Update on current progress on U-Boot ECDSA verification: I've isolated the OpenSSL code required to verify a signature signed with the nistp256v1 curve, and I've written a small test program to show that the code works without any external dependencies [1]. Currently fitting the code into Alex's fork of U-Boot.

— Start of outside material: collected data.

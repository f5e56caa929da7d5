//! How wide texts are, by rule of thumb, and texts cut short to fit.

use std::alloc::{AllocError, Global};

// The width of a character in a plain sans serif type, in hundredths of its size.
fn char_width(c: char) -> u32 {
    match c {
        'i' | 'j' | 'l' | 'I' | 'J' | '.' | ',' | ':' | ';' | '\'' | '|' | ' ' | '/' => 35,
        'f' | 'r' | 't' | '(' | ')' | '-' => 42,
        'm' | 'w' | 'M' | 'W' | '@' | '%' => 96,
        'A'..='Z' | '&' => 74,
        '\u{2E80}'..='\u{FFFF}' => 105,
        c if c > '\u{FFFF}' => 110,
        _ => 64,
    }
}

/// The width of a text in this size of type.
pub(crate) fn text_width(text: &str, size: u32) -> u32 {
    let mut hundredths: u32 = 0;
    for c in text.chars() {
        hundredths = hundredths.saturating_add(char_width(c));
    }
    hundredths.saturating_mul(size) / 100
}

/// A text that is no wider than so much in this size of type: the text itself, or its beginning with an ellipsis.
pub(crate) fn shortened(
    alloc: Global,
    text: &str,
    size: u32,
    width: u32,
) -> Result<String, AllocError> {
    if text_width(text, size) <= width {
        return String::from_str(alloc, text);
    }
    let room = width.saturating_mul(100) / size.max(1);
    let mut used: u32 = 100;
    let mut out = String::new(alloc);
    for c in text.chars() {
        used = used.saturating_add(char_width(c));
        if used > room {
            break;
        }
        out.push(c)?;
    }
    out.push('\u{2026}')?;
    Ok(out)
}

Question for Alex, I see your repo has a few branches related to ECDSA (patch-ecdsa-v[1-5], patch-mkimage-keyfile-v{1,2}). You sent me a link to 'patch-ecdsa-v1' in a previous email, is that the one that's being upstreamed? Should I be working off a different branch or is that one ok?
Tim
[1] https://github.com/timr11/openssl-ecdsa-verify
On 2021-03-30 2:27 p.m., Tim Romanski wrote:
On 3/30/21 2:17PM, Alexandru Gagniuc mr.nuke.me@gmail.com wrote:
I don't have any updates from Tim that you don't. I assume he's still silently hacking at it.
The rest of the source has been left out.